For each line of the data below, copy it if it holds the word "Left".
───── Data for the task ─────
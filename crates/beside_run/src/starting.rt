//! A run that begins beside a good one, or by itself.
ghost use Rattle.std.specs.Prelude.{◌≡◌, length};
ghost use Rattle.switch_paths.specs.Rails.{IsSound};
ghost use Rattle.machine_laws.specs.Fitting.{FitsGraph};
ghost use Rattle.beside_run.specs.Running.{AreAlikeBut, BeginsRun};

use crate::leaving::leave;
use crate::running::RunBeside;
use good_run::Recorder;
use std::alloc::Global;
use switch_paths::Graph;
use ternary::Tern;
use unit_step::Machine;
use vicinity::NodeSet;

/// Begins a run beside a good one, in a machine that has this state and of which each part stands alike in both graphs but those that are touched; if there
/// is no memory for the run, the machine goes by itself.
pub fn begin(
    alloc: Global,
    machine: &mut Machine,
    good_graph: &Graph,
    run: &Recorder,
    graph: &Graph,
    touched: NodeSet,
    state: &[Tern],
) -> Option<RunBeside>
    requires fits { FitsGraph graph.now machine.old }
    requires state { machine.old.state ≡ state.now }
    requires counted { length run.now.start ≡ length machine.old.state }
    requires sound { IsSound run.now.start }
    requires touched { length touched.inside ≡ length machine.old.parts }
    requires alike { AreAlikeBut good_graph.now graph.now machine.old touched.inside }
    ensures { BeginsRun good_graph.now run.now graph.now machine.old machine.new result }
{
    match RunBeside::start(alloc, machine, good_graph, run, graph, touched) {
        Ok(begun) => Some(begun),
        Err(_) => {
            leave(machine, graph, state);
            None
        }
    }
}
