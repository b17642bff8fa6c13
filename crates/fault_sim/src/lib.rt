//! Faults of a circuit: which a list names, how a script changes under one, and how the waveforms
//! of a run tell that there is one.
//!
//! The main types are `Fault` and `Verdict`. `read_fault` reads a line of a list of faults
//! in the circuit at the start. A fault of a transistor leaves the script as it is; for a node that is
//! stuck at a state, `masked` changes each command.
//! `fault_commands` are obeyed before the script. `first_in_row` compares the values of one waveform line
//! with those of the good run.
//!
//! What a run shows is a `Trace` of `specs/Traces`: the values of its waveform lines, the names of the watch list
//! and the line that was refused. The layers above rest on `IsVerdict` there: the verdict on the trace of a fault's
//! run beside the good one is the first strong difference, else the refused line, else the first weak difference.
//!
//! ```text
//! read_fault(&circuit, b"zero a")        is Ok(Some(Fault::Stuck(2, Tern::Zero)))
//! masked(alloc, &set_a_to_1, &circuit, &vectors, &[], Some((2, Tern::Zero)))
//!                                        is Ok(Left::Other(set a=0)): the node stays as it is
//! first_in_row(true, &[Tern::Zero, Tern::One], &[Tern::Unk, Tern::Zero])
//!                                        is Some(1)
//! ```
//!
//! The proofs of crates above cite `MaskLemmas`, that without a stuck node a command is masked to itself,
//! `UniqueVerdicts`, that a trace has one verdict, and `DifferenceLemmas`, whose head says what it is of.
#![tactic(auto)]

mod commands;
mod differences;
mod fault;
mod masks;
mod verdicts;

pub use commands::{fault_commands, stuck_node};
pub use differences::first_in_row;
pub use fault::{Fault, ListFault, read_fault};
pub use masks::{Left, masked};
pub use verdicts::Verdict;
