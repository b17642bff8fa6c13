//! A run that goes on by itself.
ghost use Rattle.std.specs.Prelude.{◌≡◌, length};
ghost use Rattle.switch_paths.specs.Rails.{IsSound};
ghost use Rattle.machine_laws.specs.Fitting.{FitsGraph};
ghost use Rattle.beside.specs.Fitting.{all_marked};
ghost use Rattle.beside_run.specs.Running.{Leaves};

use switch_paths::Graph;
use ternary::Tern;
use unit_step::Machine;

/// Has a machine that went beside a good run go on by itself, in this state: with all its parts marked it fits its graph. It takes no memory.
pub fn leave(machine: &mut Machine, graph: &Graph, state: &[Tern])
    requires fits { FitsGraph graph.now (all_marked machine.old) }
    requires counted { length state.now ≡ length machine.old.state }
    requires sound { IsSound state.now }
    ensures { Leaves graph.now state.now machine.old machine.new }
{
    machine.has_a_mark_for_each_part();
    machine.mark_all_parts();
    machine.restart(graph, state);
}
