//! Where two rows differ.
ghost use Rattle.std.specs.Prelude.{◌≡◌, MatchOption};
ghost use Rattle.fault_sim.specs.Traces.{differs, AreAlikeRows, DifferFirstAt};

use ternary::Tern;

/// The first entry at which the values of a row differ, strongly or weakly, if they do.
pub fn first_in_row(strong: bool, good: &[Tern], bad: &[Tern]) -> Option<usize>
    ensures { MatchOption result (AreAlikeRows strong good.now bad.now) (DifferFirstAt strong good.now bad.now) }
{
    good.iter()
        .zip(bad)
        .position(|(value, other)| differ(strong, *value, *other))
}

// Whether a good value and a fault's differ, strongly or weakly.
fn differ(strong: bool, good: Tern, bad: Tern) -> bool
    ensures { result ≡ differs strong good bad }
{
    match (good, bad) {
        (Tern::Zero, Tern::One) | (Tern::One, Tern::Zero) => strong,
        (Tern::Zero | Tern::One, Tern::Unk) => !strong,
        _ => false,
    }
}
─────
**Response to this exercise**
//!                                        is Ok(Left::Other(set a=0)): the node stays as it is
pub use masks::{Left, masked};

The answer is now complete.